A partisan messaging battle has erupted over an official U.S. analysis suggesting it won't be just the wealthy who will pay higher taxes under the Democrats' latest economic agenda, raising risks for the party in the November elections.
The Joint Committee on Taxation, an official congressional scorekeeper, found that some middle- and low-income households could pay $16.7 billion in additional taxes next year as a result of the draft bill negotiated by Senate Majority Leader Chuck Schumer and Senator Joe Manchin.
That would seem to violate President Joe Biden's consistent promises to not increase levies on anyone making under $400,000. And it makes for an awkward sales job for Democrats touting the benefits of a package that spans climate and energy investments to health-care provisions.
Veteran budget watchers said not so fast: the JCT's estimates, made at the request of Republicans on the panel and released by GOP staff Friday, don't convey a full picture. For one thing, the calculations don't incorporate stepped-up benefits for many non-wealthy households, they said.
"Once you account for the spending side and the other taxes that are left out — and that includes the household consumer tax credits for various energy things, lower drug prices and health-care subsidies — the middle class is going to be distributionally ahead," said Marc Goldwein, a senior vice president at the Committee for a Responsible Federal Budget, a Washington-based think tank.
Theoretical Model
The package under negotiation has two key tax-hike proposals: a 15% minimum tax on the profits corporations report on their financial statements — the so-called book tax — and the scaling down of the "carried interest" tax break used by private-equity managers.
While the book tax doesn't directly affect the middle class or lower-income earners, that's what the JCT, using economic theory and tax modeling, has determined as imposing a cost on those groups.
Goldwein explained that "corporations may be the ones that fill out the paperwork" for the book tax. But, ultimately, "people pay taxes."

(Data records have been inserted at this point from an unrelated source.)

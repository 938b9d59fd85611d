ghost use Rattle.std.specs.Prelude.{List};
ghost use Rattle.module_set.specs.declared.module_name.ModuleName.{ModuleName};
ghost use Rattle.module_set.specs.Members.{Member};
ghost use Rattle.scope_core.specs.OneScopeFault.{OneScopeFault};

/// The law that modules have no fault of names or exactly one least one, and not both.
pub fn one_scope_fault()
    ensures { (names : List ModuleName) (members : List Member) → OneScopeFault names members }
{}
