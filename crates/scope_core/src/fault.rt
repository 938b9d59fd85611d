use std::alloc::AllocError;

/// What is wrong with the names of a set. `at` is the byte offset of the name in the text of its module.
#[derive(Clone, Copy, Debug, PartialEq, Eq)]
pub enum ScopeFault {
    /// The second of two that may not stand together.
    Twice { module: u32, at: u32 },
    /// An imported name that its module doesn't have.
    Unknown { module: u32, at: u32 },
    /// An imported name of which nothing is exported.
    NotExported { module: u32, at: u32 },
    /// A name of a `using` that stands for something else too.
    Clash { module: u32, at: u32 },
    OutOfMemory,
}

impl From<AllocError> for ScopeFault {
    ghost use Rattle.std.specs.Prelude.{◌≡◌};
    ghost use Rattle.scope_core.specs.declared.fault.ScopeFault.TheVariants as fault;

    ghost from_gives = { λ _ made. made ≡ fault.OutOfMemory };

    fn from(_error: AllocError) -> ScopeFault {
        ScopeFault::OutOfMemory
    }
}
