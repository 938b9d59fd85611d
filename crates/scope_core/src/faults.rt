ghost use Rattle.std.specs.Prelude.{◌≡◌, ◌++◌, [], None, Some, List, map, slice_get, IfOk, OnOk};
ghost use Rattle.std.specs.List.{flat_map};
ghost use Rattle.mdl_syntax.specs.Modules.{parameter_of, declaration_of, module_of};
ghost use Rattle.scope_tables.specs.Entities.{Declared};
ghost use Rattle.scope_tables.specs.Visible.{World};
ghost use Rattle.scope_core.specs.ScopeFaults.{is_less, key_less, fault_key, twice_listed, parameters_of};
ghost use Rattle.scope_core.specs.ScopeFaults.{import_faults, twice_among, parameter_faults};
ghost use Rattle.scope_tables.specs.inside.Kinds.{has_none};
ghost use Rattle.scope_core.specs.inside.Lessening.{lesser, least_onto};
ghost use Rattle.scope_tables.specs.inside.Reaching.{bringing_of};
ghost use Rattle.scope_core.specs.inside.Rounds.{AreSettled, last_types, last_standing};
ghost use Rattle.scope_core.specs.inside.Noting.{NotesDeclared, is_twice};
ghost use Rattle.scope_core.specs.inside.Noting.{NotesBringing, NotesNames, NotesName, NotesUsed, NotesListed};
ghost use Rattle.scope_core.specs.inside.Noting.{missing_by, is_clash, joined};

use crate::fault::ScopeFault;
use crate::settled::Settled;
use case_table::Text;
use indexmap::{IndexMap, IndexSet};
use mdl_syntax::{Decl, Ident, Module, Param};
use scope_tables::brought::{Bringing, Names};
use scope_tables::declared::number_of;
use scope_tables::entity::Sort;
use scope_tables::kinds::{Kinds, NO_KINDS};
use scope_tables::tables::{Place, Table};
use std::alloc::{AllocError, Global};

/// The least fault of a module, if it has one.
pub fn module_fault(
    alloc: Global,
    settled: &Settled,
    index: usize,
    places: &[u32],
    module: &Module,
    brought: &[Bringing],
) -> Result<Option<ScopeFault>, AllocError>
    ensures { (world : World) (pieces : List (List Declared)) (own : List Declared)
        → AreSettled world pieces settled.now → slice_get pieces index ≡ Some own
        → places.now ≡ map (λ one. one.at) own
        → IfOk result (λ least. least ≡ least_onto None (import_faults (last_standing world pieces) index []
        (map bringing_of brought.now) ++ (twice_among (last_types world pieces) [] own
        ++ flat_map (parameter_faults index) (module_of «module».now).declarations))) }
{
    let mut least = None;
    let number = number_of(index)?;
    import_faults(alloc, &mut least, settled, index, number, brought)?;
    twice_declared(alloc, &mut least, settled, index, number, places)?;
    twice_in_lists(alloc, &mut least, number, module.decls.list())?;
    Ok(least)
}

/// Keeps the lesser fault.
fn note(least: &mut Option<ScopeFault>, fault: ScopeFault)
    ensures { least.new ≡ lesser least.old fault }
{
    let is_least = match least {
        Some(known) => is_less(fault, *known),
        None => true,
    };
    if is_least {
        *least = Some(fault);
    }
}

/// Whether a fault comes before another: by module, then by place, then by kind.
fn is_less(one: ScopeFault, other: ScopeFault) -> bool
    ensures { result ≡ is_less one other }
{
    is_key_less(key(one), key(other))
}

fn is_key_less(one: (u32, u32, u32), other: (u32, u32, u32)) -> bool
    ensures { result ≡ key_less one other }
{
    one.0 < other.0 || one.0 == other.0 && (one.1 < other.1 || one.1 == other.1 && one.2 < other.2)
}

/// What faults are ordered by.
fn key(fault: ScopeFault) -> (u32, u32, u32)
    ensures { result ≡ fault_key fault }
{
    match fault {
        ScopeFault::Twice { module, at } => (module, at, 0),
        ScopeFault::Unknown { module, at } => (module, at, 1),
        ScopeFault::NotExported { module, at } => (module, at, 2),
        ScopeFault::Clash { module, at } => (module, at, 3),
        ScopeFault::OutOfMemory => (0, 0, 0),
    }
}

/// Notes the declarations and values that stand behind another with which they may not stand together.
fn twice_declared(
    alloc: Global,
    least: &mut Option<ScopeFault>,
    settled: &Settled,
    module: usize,
    number: u32,
    places: &[u32],
) -> Result<(), AllocError>
    ensures { OnOk result ((world : World) (pieces : List (List Declared)) (own : List Declared)
        → AreSettled world pieces settled.now → slice_get pieces «module» ≡ Some own → number ≡ «module»
        → places.now ≡ map (λ one. one.at) own
        → least.new ≡ least_onto least.old (twice_among (last_types world pieces) [] own)) }
{
    match settled.tables.get(module) {
        Some(table) => {
            twice_in(alloc, least, settled, table, module, number, places)?;
            Ok(())
        }
        None => Ok(()),
    }
}

/// Notes those of a module that has this table.
fn twice_in(
    alloc: Global,
    least: &mut Option<ScopeFault>,
    settled: &Settled,
    table: &Table,
    module: usize,
    number: u32,
    places: &[u32],
) -> Result<(), AllocError>
    ensures { OnOk result ((world : World) (pieces : List (List Declared)) (own : List Declared)
        → AreSettled world pieces settled.now → slice_get pieces «module» ≡ Some own → number ≡ «module»
        → places.now ≡ map (λ one. one.at) own → slice_get settled.now.tables.items «module» ≡ Some table.now
        → least.new ≡ least_onto least.old (twice_among (last_types world pieces) [] own)) }
{
    let entities = table.own.list();
    let mut kinds = vec![in alloc; NO_KINDS; entities.len()]?;
    let mut seen: IndexSet<(usize, usize, bool)> = IndexSet::new(alloc);
    for index in 0..entities.len() {
        let entity = &entities[index];
        if let Some(at) = places.get(index) {
            if let Some(taken) = settled.taken(Place { module, index }) {
                let name = table.own.number_at(index);
                let fault = ScopeFault::Twice {
                    module: number,
                    at: *at,
                };
                note_declared(
                    least,
                    &mut kinds,
                    &mut seen,
                    name,
                    taken,
                    entity.sort,
                    fault,
                )?;
            }
        }
    }
    Ok(())
}

/// Notes a fault where what came before under the name of this number doesn't go with one more of this sort, or
/// something of it took the same.
fn note_declared(
    least: &mut Option<ScopeFault>,
    kinds: &mut [Kinds],
    seen: &mut IndexSet<(usize, usize, bool)>,
    name: usize,
    taken: usize,
    sort: Sort,
    fault: ScopeFault,
) -> Result<(), AllocError>
    ensures { OnOk result (NotesDeclared name taken sort fault least.old kinds.old seen.old.keys
        least.new kinds.new seen.new.keys) }
{
    let fresh = seen.insert((name, taken, sort == Sort::Intrinsic))?;
    if name < kinds.len() {
        let before = kinds[name];
        let together = before.and(Kinds::of(sort));
        kinds[name] = together;
        if is_twice(before, together, fresh) {
            note(least, fault);
        }
    }
    Ok(())
}

/// Whether something doesn't go with what came before under its name.
fn is_twice(before: Kinds, together: Kinds, fresh: bool) -> bool
    ensures { result ≡ is_twice before together fresh }
{
    !before.is_empty() && (!together.are_overloads() || !fresh)
}

/// Notes the parameters and fields of declarations that stand behind one of the same name.
fn twice_in_lists(
    alloc: Global,
    least: &mut Option<ScopeFault>,
    module: u32,
    decls: &[Decl],
) -> Result<(), AllocError>
    ensures { OnOk result (least.new
        ≡ least_onto least.old (flat_map (parameter_faults «module») (map declaration_of decls.now))) }
{
    for decl in decls {
        twice_listed(alloc, least, module, parameters(decl))?;
    }
    Ok(())
}

/// Notes the names that stand behind an equal one in a list of parameters or fields.
fn twice_listed(
    alloc: Global,
    least: &mut Option<ScopeFault>,
    module: u32,
    params: &[Param],
) -> Result<(), AllocError>
    ensures { OnOk result (least.new
        ≡ least_onto least.old (twice_listed «module» [] (map (λ param. param.name) params.now))) }
{
    let mut names: IndexSet<Text> = IndexSet::new(alloc);
    for param in params {
        if !names.insert(param.name.text.clone()?)? {
            note(
                least,
                ScopeFault::Twice {
                    module,
                    at: param.name.span.at,
                },
            );
        }
    }
    Ok(())
}

/// The parameters, or fields, of a declaration.
fn parameters(decl: &Decl) -> &[Param]
    ensures { map parameter_of result.now ≡ parameters_of (declaration_of decl.now) }
{
    match decl {
        Decl::Material { params, .. } => params.list(),
        Decl::Variant { .. } => &[],
        Decl::Function { params, .. } => params.list(),
        Decl::Struct { fields, .. } => fields.list(),
        Decl::Enum { .. } => &[],
        Decl::Annotation { params, .. } => params.list(),
    }
}

/// What earlier imports by `using` list under a name: the first module, whether there is another, and the sorts.
#[derive(Clone, Copy)]
struct Earlier {
    module: usize,
    more: bool,
    kinds: Kinds,
}

/// Notes the imported names that their module doesn't have or doesn't export, and those that stand for something else.
fn import_faults(
    alloc: Global,
    least: &mut Option<ScopeFault>,
    settled: &Settled,
    module: usize,
    number: u32,
    brought: &[Bringing],
) -> Result<(), AllocError>
    ensures { OnOk result ((world : World) (pieces : List (List Declared)) → AreSettled world pieces settled.now
        → number ≡ «module»
        → least.new ≡ least_onto least.old (import_faults (last_standing world pieces) number []
        (map bringing_of brought.now))) }
{
    let mut earlier: IndexMap<Text, Earlier> = IndexMap::new(alloc);
    for bringing in brought {
        bringing_faults(least, settled, module, number, &mut earlier, bringing)?;
    }
    Ok(())
}

fn bringing_faults(
    least: &mut Option<ScopeFault>,
    settled: &Settled,
    module: usize,
    number: u32,
    earlier: &mut IndexMap<Text, Earlier>,
    bringing: &Bringing,
) -> Result<(), AllocError>
    ensures { OnOk result (NotesBringing settled.now «module» number (bringing_of bringing.now) earlier.old.entries
        least.old earlier.new.entries least.new) }
{
    match bringing.names {
        Names::All => Ok(()),
        Names::One(name) => {
            name_faults(least, settled, module, number, earlier, bringing, name)?;
            Ok(())
        }
        Names::Listed(names) => {
            listed_faults(least, settled, module, number, earlier, bringing, names)?;
            Ok(())
        }
    }
}

fn listed_faults(
    least: &mut Option<ScopeFault>,
    settled: &Settled,
    module: usize,
    number: u32,
    earlier: &mut IndexMap<Text, Earlier>,
    bringing: &Bringing,
    names: &[Ident],
) -> Result<(), AllocError>
    ensures { OnOk result (NotesNames settled.now «module» number bringing.now.from bringing.now.used names.now
        earlier.old.entries least.old earlier.new.entries least.new) }
{
    for name in names {
        name_faults(least, settled, module, number, earlier, bringing, name)?;
    }
    Ok(())
}

/// Notes what is wrong with a name of an import, and if that is by `using`, that the name is listed.
fn name_faults(
    least: &mut Option<ScopeFault>,
    settled: &Settled,
    module: usize,
    number: u32,
    earlier: &mut IndexMap<Text, Earlier>,
    bringing: &Bringing,
    name: &Ident,
) -> Result<(), AllocError>
    ensures { OnOk result (NotesName settled.now «module» number bringing.now.from bringing.now.used name.now
        earlier.old.entries least.old earlier.new.entries least.new) }
{
    let there = settled.under(bringing.from, &name.text);
    note_missing(least, there.all, there.exported, number, name.span.at);
    if bringing.used && !there.exported.is_empty() {
        let own = settled.under(module, &name.text);
        let fault = ScopeFault::Clash {
            module: number,
            at: name.span.at,
        };
        note_used(
            least,
            earlier,
            own.all,
            there.exported,
            bringing.from,
            &name.text,
            fault,
        )?;
    }
    Ok(())
}

/// Notes that a name stands for nothing, or for nothing that is exported.
fn note_missing(least: &mut Option<ScopeFault>, all: Kinds, exported: Kinds, module: u32, at: u32)
    ensures { least.new ≡ least_onto least.old (missing_by «module» at (has_none all) (has_none exported)) }
{
    if all.is_empty() {
        note(least, ScopeFault::Unknown { module, at });
    } else if exported.is_empty() {
        note(least, ScopeFault::NotExported { module, at });
    }
}

/// Notes a fault where a name that `using` lists stands for something else too that doesn't go with it, and that it is
/// listed.
fn note_used(
    least: &mut Option<ScopeFault>,
    earlier: &mut IndexMap<Text, Earlier>,
    own: Kinds,
    exported: Kinds,
    from: usize,
    name: &Text,
    fault: ScopeFault,
) -> Result<(), AllocError>
    ensures { OnOk result (NotesUsed own exported from name.now fault earlier.old.entries least.old earlier.new.entries
        least.new) }
{
    let listed = earlier.get(name).copied();
    if is_clash(own, exported, listed, from) {
        note(least, fault);
    }
    note_listed(earlier, name, exported, from)?;
    Ok(())
}

/// Whether a name stands for something else too that doesn't go with it.
fn is_clash(own: Kinds, exported: Kinds, listed: Option<Earlier>, from: usize) -> bool
    ensures { result ≡ is_clash own exported listed from }
{
    match listed {
        Some(earlier) if earlier.more || earlier.module != from => {
            !own.and(exported).and(earlier.kinds).are_overloads()
        }
        _ => !own.is_empty() && !own.and(exported).are_overloads(),
    }
}

/// Notes that a name of a module is listed.
fn note_listed(
    earlier: &mut IndexMap<Text, Earlier>,
    name: &Text,
    kinds: Kinds,
    module: usize,
) -> Result<(), AllocError>
    ensures { OnOk result (NotesListed name.now kinds «module» earlier.old.entries earlier.new.entries) }
{
    if let Some(known) = earlier.get_mut(name) {
        *known = joined(*known, kinds, module);
        return Ok(());
    }
    let first = Earlier {
        module,
        more: false,
        kinds,
    };
    earlier.insert(name.clone()?, first)?;
    Ok(())
}

fn joined(known: Earlier, kinds: Kinds, module: usize) -> Earlier
    ensures { result ≡ joined (Some known) kinds «module» }
{
    Earlier {
        module: known.module,
        more: known.more || known.module != module,
        kinds: known.kinds.and(kinds),
    }
}
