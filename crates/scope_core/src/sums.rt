ghost use Rattle.std.specs.Prelude.{◌≡◌, [], map, slice_index_or, IfOk};
ghost use Rattle.scope_core.specs.inside.Sums.{kinds_there, kinds_of_all, under_all, nothing, sums_in, AreSums, under};

use case_table::Text;
use scope_tables::kinds::{Kinds, NO_KINDS};
use scope_tables::tables::{Table, is_hidden};
use std::alloc::{AllocError, Global};

/// The sorts of what stands under a name of a module, and of what is exported of it.
#[derive(Clone, Copy)]
pub struct NameKinds {
    pub all: Kinds,
    pub exported: Kinds,
}

const NOTHING: NameKinds = NameKinds {
    all: NO_KINDS,
    exported: NO_KINDS,
};

/// For each table what stands under each of its names, by the number of the name.
pub fn sums(alloc: Global, tables: &[Table]) -> Result<Vec<Vec<NameKinds>>, AllocError>
    ensures { IfOk result (λ sums. AreSums tables.now sums.items) }
{
    let mut sums = Vec::new(alloc);
    for table in tables {
        let row = sums_in(alloc, table)?;
        sums.push(row)?;
    }
    Ok(sums)
}

fn sums_in(alloc: Global, table: &Table) -> Result<Vec<NameKinds>, AllocError>
    ensures { IfOk result (λ row. row.items ≡ sums_in table.now) }
{
    let mut row = Vec::new(alloc);
    for number in 0..table.own.count() {
        row.push(under_all(table, table.own.numbered(number)))?;
    }
    Ok(row)
}

fn under_all(table: &Table, indices: &[usize]) -> NameKinds
    ensures { result ≡ under_all table.now indices.now }
{
    NameKinds {
        all: kinds_of_all(table, indices, false),
        exported: kinds_of_all(table, indices, true),
    }
}

/// The sorts of the entities of a table at these indices.
fn kinds_of_all(table: &Table, indices: &[usize], exported: bool) -> Kinds
    ensures { result ≡ kinds_of_all table.now exported indices.now }
{
    let mut kinds = NO_KINDS;
    for index in indices {
        kinds = kinds.and(kinds_there(table, *index, exported));
    }
    kinds
}

fn kinds_there(table: &Table, index: usize, exported: bool) -> Kinds
    ensures { result ≡ kinds_there table.now exported index }
{
    match table.own.list().get(index) {
        Some(entity) if !is_hidden(table, index) && (!exported || entity.exported) => {
            Kinds::of(entity.sort)
        }
        _ => NO_KINDS,
    }
}

/// What stands under a name of a module.
pub fn under(tables: &[Table], sums: &[Vec<NameKinds>], module: usize, name: &Text) -> NameKinds
    ensures { AreSums tables.now sums.now → result ≡ under tables.now «module» name.now }
{
    match tables.get(module) {
        Some(table) => numbered(sums, module, table.own.number(name)),
        None => NOTHING,
    }
}

/// What stands under the name of a number.
fn numbered(sums: &[Vec<NameKinds>], module: usize, number: usize) -> NameKinds
    ensures { result
        ≡ slice_index_or (slice_index_or (map (λ row. row.items) sums.now) «module» []) number nothing }
{
    match sums.get(module) {
        Some(row) => numbered_in(row, number),
        None => NOTHING,
    }
}

fn numbered_in(row: &[NameKinds], number: usize) -> NameKinds
    ensures { result ≡ slice_index_or row.now number nothing }
{
    match row.get(number) {
        Some(under) => *under,
        None => NOTHING,
    }
}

In theory, companies can pass along the higher tax burden to shareholders — including those who own stocks through retirement accounts or pensions — such as by scaling back dividend payments. They could charge customers higher prices, or take it out of employee compensation.
Democrats Rebut
The JCT model allocates 25% of the increase to labor, and 75% to capital, including shareholders. The panel's distributional tables showed that those earning less than $200,000 could see their tax burden rise by about 1% next year, including effects passed along from the curbed carried-interest tax break.